◆ **Work task**
Take the records below and copy them exactly.

++++ Material shown ++++

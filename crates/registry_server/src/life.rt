//! How long a connection has been silent.
ghost use Rattle.std.specs.Prelude.{◌≡◌};
ghost use Rattle.registry_server.specs.Lives.{alive_at, moved_by, sent_by};

/// So many bytes that moved on a connection are a sign of life.
pub const SIGN_OF_LIFE: usize = 65_536;

/// When there was a sign of life on a connection last, in milliseconds of the time that `Connections` is
/// told, and how many bytes moved on it since.
#[derive(Clone, Copy)]
pub struct Life {
    pub since: u64,
    pub moved: usize,
}

impl Life {
    /// There is one now.
    pub fn at(time: u64) -> Life
        ensures { result ≡ alive_at time }
    {
        Life {
            since: time,
            moved: 0,
        }
    }

    /// So many bytes moved.
    pub fn moved(self, count: usize, time: u64) -> Life
        ensures { result ≡ moved_by count time self }
    {
        let moved = self.moved.saturating_add(count);
        if moved >= SIGN_OF_LIFE {
            Life::at(time)
        } else {
            Life {
                since: self.since,
                moved,
            }
        }
    }

    /// So many bytes went out; `whole` says that no more are to go. The last byte of a reply is a sign of
    /// life.
    pub fn sent(self, count: usize, whole: bool, time: u64) -> Life
        ensures { result ≡ sent_by count whole time self }
    {
        if whole && count > 0 {
            Life::at(time)
        } else {
            self.moved(count, time)
        }
    }
}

++++

◆ **Result of the exercise**
filename crates/registry_server/src/life.rt
//! How long a connection has been silent.
ghost use Rattle.std.specs.Prelude.{◌≡◌};
ghost use Rattle.registry_server.specs.Lives.{alive_at, moved_by, sent_by};

/// So many bytes that moved on a connection are a sign of life.
pub const SIGN_OF_LIFE: usize = 65_536;

/// When there was a sign of life on a connection last, in milliseconds of the time that `Connections` is
/// told, and how many bytes moved on it since.
#[derive(Clone, Copy)]
pub struct Life {
    pub since: u64,
    pub moved: usize,
}

impl Life {
    /// There is one now.
    pub fn at(time: u64) -> Life
        ensures { result ≡ alive_at time }
    {
        Life {
            since: time,
            moved: 0,
        }
    }

    /// So many bytes moved.
    pub fn moved(self, count: usize, time: u64) -> Life
        ensures { result ≡ moved_by count time self }
    {
        let moved = self.moved.saturating_add(count);
        if moved >= SIGN_OF_LIFE {
            Life::at(time)
        } else {
            Life {
                since: self.since,
                moved,
            }
        }
    }

    /// So many bytes went out; `whole` says that no more are to go. The last byte of a reply is a sign of
    /// life.
    pub fn sent(self, count: usize, whole: bool, time: u64) -> Life
        ensures { result ≡ sent_by count whole time self }
    {
        if whole && count > 0 {
            Life::at(time)
        } else {
            self.moved(count, time)
        }
    }
}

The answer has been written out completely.